Intermittent turbulent dynamo at very low and high magnetic Prandtl numbers

TL;DR

This study investigates the behavior of turbulent dynamo action at very low and high magnetic Prandtl numbers using shell models, confirming that the critical magnetic Reynolds number approaches a finite limit as the Reynolds number increases.

Contribution

It demonstrates that the critical magnetic Reynolds number tends to a finite value at high Reynolds numbers and explores the scaling of dynamo growth rates across different regimes using advanced MHD turbulence models.

Findings

Critical magnetic Reynolds number approaches a finite limit as Re increases.

Dynamo growth factor scales with Re and Rm as Re^0.4 and Rm^0.4 respectively.
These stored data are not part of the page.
//! Why bytes are no manifest.
use mvcc_keys::Memory;

/// The place where the first item begins that doesn't read or doesn't go with those before it, or
/// want of memory.
#[derive(Clone, Copy, Debug, PartialEq, Eq)]
pub enum ManifestFault {
    Malformed { offset: usize },
    Memory,
}

impl From<Memory> for ManifestFault {
    ghost use Rattle.std.specs.Prelude.{◌≡◌};
    ghost use Rattle.layer_manifest.specs.declared.faults.ManifestFault.TheVariants.{Memory as no_memory};

    ghost from_gives = { λ _ e. e ≡ no_memory };

    fn from(_refused: Memory) -> ManifestFault {
        ManifestFault::Memory
    }
}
Nonlocal terms have a weak contribution to the dynamo effect.

Abstract

Context: Direct numerical simulations have shown that the dynamo is efficient even at low Prandtl numbers, i.e., the critical magnetic Reynolds number Rm_c necessary for the dynamo to be efficient becomes smaller than the hydrodynamic Reynolds number Re when Re -> infinity. Aims: We test the conjecture (Iskakov et al. 2007) that Rm_c actually tends to a finite value when Re -> infinity, and we study the behavior of the dynamo growth factor \gamma\ at very low and high magnetic Prandtl numbers. Methods: We use local and nonlocal shell-models of magnetohydrodynamic (MHD) turbulence with parameters covering a much wider range of Reynolds numbers than direct numerical simulations, but of astrophysical relevance. Results: We confirm that Rm_c tends to a finite value when Re -> infinity. The limit for Rm -> infinity of the dynamo growth factor \gamma\ in the kinematic regime behaves like Re^\beta, and, similarly, the limit for Re -> infinity of \gamma\ behaves like Rm^{\beta'}, with \beta=\beta'=0.4. Conclusion: Comparison with a phenomenology based on an intermittent small-scale turbulent dynamo, together with the differences between the growth rates in the different local and nonlocal models, indicate a weak contribution of nonlocal terms to the dynamo effect.